» TASK GOAL: Identify all lines below that hold "could" and collect them.

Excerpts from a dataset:
▶
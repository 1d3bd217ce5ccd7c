//! Which clients could read something now.
ghost use Rattle.std.specs.Prelude.{◌≡◌, ◌≤◌, length, take, slice_set};
ghost use Rattle.inp_model.specs.declared.limits.TheConstants.{CLIENTS_MAX};
ghost use Rattle.inp_model.specs.Reply.{written};
ghost use Rattle.inp_ring.specs.Store.{event_of_cell};
ghost use Rattle.inp_client.specs.Clients.{readable_in};
ghost use Rattle.inp_client.specs.Locations.{clients_in, AreLocated};
ghost use Rattle.inp_client.specs.Member.{cells_in, AreStored};

use crate::client::Client;
use crate::location::Location;
use inp_ring::Store;
use slab::Slab;

/// Writes the numbers of the clients that could read something now to the front of a buffer, in the order of their
/// locations, as many as fit, and says how many there are in all. The rest of the buffer stays.
pub fn write_readable(
    locations: &[Location],
    slab: &Slab<Client>,
    store: &Store,
    numbers: &mut [u32],
) -> u32
    requires located { AreLocated locations.now slab.now }
    requires few { length locations.now ≤ CLIENTS_MAX }
    requires stored { AreStored store.now (clients_in locations.now slab.now) (λ n. 0) }
    ensures count { let clients = cells_in store.now (clients_in locations.now slab.now) in
        result ≡ length (readable_in event_of_cell clients) }
    ensures few { result ≤ CLIENTS_MAX }
    ensures written { let clients = cells_in store.now (clients_in locations.now slab.now) in
        numbers.new
        ≡ written (take (length numbers.old) (readable_in event_of_cell clients)) numbers.old }
{
    let mut count = 0;
    for location in locations {
        let client = &slab[location.key];
        if client.visible(store) == 0 {
            continue;
        }
        put_at(numbers, count, location.number);
        count += 1;
    }
    count
}

// Puts a number at a place of a buffer, where it has that place.
fn put_at(numbers: &mut [u32], place: u32, number: u32)
    ensures put { numbers.new ≡ slice_set numbers.old place number }
{
    if (place as usize) < numbers.len() {
        numbers[place as usize] = number;
    }
}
◀
» RESULT FOR THIS EXERCISE:
//! Which clients could read something now.
/// Writes the numbers of the clients that could read something now to the front of a buffer, in the order of their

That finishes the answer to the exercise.